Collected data
--------

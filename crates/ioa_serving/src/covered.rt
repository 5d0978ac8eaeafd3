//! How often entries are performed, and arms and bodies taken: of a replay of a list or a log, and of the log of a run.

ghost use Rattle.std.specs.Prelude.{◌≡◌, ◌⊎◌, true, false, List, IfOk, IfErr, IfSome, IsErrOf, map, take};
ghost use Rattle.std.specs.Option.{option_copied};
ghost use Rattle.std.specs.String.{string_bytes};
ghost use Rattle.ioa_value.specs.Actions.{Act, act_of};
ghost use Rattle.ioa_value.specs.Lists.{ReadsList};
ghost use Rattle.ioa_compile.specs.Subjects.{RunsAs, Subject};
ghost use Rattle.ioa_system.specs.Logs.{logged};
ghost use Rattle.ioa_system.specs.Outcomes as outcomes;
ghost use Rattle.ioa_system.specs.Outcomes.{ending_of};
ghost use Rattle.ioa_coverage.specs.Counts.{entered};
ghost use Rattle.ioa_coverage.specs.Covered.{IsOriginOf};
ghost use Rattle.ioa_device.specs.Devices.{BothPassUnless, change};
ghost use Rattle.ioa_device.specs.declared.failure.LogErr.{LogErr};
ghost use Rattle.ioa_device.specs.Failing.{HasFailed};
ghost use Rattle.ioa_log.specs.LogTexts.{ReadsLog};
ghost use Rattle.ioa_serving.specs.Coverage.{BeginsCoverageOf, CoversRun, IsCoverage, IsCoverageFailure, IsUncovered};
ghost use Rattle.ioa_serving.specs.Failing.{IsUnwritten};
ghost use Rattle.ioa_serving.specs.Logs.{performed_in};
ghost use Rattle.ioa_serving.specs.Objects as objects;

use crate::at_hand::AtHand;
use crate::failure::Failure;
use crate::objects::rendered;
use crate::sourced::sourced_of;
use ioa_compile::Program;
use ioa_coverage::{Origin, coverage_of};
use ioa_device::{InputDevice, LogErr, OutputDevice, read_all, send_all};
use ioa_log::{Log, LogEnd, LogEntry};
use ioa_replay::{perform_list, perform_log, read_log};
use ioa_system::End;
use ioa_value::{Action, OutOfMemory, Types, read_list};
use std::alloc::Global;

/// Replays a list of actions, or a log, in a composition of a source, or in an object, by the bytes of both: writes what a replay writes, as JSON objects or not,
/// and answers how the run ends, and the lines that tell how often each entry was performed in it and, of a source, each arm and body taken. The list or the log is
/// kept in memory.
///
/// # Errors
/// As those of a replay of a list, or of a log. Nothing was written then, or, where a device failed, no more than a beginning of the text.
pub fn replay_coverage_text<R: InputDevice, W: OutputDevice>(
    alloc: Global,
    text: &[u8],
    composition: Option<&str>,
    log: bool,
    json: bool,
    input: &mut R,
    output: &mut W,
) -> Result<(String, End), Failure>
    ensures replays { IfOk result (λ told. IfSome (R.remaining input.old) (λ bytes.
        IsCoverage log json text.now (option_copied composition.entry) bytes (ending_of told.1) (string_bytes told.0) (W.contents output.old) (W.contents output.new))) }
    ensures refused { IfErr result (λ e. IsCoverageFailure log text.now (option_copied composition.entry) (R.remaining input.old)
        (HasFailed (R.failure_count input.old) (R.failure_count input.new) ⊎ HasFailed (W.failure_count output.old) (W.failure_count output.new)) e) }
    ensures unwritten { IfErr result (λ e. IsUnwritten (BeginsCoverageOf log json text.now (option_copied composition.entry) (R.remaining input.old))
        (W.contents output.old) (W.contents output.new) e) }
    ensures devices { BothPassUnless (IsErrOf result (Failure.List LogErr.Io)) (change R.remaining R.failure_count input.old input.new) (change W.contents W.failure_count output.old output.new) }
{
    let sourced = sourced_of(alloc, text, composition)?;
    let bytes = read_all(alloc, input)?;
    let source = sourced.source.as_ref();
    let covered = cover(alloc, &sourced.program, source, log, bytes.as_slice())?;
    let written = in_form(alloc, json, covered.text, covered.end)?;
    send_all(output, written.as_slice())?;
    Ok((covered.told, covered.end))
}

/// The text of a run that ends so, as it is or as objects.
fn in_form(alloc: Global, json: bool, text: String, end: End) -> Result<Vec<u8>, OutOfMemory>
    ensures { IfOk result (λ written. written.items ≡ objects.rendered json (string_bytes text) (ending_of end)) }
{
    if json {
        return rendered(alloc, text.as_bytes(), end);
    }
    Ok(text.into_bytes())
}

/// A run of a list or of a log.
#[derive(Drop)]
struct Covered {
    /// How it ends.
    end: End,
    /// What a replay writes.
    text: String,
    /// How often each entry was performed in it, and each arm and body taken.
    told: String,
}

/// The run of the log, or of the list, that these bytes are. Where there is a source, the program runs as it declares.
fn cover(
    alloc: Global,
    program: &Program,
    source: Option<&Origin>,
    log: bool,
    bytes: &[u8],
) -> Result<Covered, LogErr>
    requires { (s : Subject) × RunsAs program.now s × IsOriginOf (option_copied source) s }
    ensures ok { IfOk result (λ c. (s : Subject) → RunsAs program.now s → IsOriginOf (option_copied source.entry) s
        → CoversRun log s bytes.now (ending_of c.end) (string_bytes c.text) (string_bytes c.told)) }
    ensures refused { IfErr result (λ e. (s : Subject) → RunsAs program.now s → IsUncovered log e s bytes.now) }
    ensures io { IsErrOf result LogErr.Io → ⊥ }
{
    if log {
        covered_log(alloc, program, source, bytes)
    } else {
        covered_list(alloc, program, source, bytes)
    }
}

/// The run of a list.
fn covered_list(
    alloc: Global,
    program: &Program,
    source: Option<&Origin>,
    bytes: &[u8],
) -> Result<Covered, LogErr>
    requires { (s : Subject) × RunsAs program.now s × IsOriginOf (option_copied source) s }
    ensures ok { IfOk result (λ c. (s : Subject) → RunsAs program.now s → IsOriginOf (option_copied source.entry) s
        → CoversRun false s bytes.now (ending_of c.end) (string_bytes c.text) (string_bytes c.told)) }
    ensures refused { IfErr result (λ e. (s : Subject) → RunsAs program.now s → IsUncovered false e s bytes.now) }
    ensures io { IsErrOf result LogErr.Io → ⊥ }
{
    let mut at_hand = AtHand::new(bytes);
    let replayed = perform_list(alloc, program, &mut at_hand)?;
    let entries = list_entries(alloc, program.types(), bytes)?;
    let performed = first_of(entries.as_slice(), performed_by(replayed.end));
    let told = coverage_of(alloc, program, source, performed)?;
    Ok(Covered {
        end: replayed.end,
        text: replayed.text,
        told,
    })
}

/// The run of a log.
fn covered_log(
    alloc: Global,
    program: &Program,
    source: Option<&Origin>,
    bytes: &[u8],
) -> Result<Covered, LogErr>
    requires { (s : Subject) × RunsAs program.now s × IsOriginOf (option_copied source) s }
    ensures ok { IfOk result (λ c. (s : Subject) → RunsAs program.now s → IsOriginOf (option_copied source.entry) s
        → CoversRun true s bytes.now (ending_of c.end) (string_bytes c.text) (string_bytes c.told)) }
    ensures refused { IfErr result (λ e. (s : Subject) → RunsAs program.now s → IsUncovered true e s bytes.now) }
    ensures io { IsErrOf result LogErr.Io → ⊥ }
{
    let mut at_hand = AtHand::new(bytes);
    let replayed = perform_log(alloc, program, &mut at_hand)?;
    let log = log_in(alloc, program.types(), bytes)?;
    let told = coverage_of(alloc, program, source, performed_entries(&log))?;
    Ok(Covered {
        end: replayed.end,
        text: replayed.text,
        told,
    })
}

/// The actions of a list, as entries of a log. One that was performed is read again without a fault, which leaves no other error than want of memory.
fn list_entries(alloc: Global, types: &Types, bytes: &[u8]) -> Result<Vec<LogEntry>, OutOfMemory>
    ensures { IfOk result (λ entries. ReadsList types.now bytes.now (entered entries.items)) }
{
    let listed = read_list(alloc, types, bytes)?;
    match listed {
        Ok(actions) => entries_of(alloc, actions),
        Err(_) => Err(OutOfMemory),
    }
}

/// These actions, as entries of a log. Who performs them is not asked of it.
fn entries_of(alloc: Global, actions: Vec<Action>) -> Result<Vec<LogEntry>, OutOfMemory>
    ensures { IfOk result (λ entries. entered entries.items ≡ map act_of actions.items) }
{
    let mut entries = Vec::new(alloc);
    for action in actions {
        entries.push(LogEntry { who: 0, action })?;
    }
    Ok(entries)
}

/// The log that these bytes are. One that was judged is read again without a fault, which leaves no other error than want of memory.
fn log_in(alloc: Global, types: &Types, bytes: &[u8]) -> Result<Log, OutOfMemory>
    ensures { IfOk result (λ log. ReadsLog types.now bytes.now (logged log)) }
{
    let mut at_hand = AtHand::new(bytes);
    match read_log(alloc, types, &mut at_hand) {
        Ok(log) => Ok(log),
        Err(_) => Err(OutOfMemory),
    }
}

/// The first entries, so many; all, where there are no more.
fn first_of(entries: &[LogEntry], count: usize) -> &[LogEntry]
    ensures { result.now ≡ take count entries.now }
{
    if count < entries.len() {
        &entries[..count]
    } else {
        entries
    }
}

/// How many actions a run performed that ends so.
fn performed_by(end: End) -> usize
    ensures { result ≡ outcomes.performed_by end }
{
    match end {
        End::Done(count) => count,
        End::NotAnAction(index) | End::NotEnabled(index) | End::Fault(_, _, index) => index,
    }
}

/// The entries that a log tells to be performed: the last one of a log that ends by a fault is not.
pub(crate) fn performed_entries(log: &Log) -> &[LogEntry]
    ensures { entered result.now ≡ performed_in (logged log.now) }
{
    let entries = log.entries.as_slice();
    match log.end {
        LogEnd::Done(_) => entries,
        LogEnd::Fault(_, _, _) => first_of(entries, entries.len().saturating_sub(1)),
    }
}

--------

§ **Exercise requirements**: Would you print, exactly as written, every line above from the one holding "(λ entries. ReadsList" through the one holding "fn log_in(alloc: Global, types: &Types, bytes: &[u8])", with both included and no other lines?

§ **Solved exercise**:
    ensures { IfOk result (λ entries. ReadsList types.now bytes.now (entered entries.items)) }
{
    let listed = read_list(alloc, types, bytes)?;
    match listed {
        Ok(actions) => entries_of(alloc, actions),
        Err(_) => Err(OutOfMemory),
    }
}

/// These actions, as entries of a log. Who performs them is not asked of it.
fn entries_of(alloc: Global, actions: Vec<Action>) -> Result<Vec<LogEntry>, OutOfMemory>
    ensures { IfOk result (λ entries. entered entries.items ≡ map act_of actions.items) }
{
    let mut entries = Vec::new(alloc);
    for action in actions {
        entries.push(LogEntry { who: 0, action })?;
    }
    Ok(entries)
}

/// The log that these bytes are. One that was judged is read again without a fault, which leaves no other error than want of memory.
fn log_in(alloc: Global, types: &Types, bytes: &[u8]) -> Result<Log, OutOfMemory>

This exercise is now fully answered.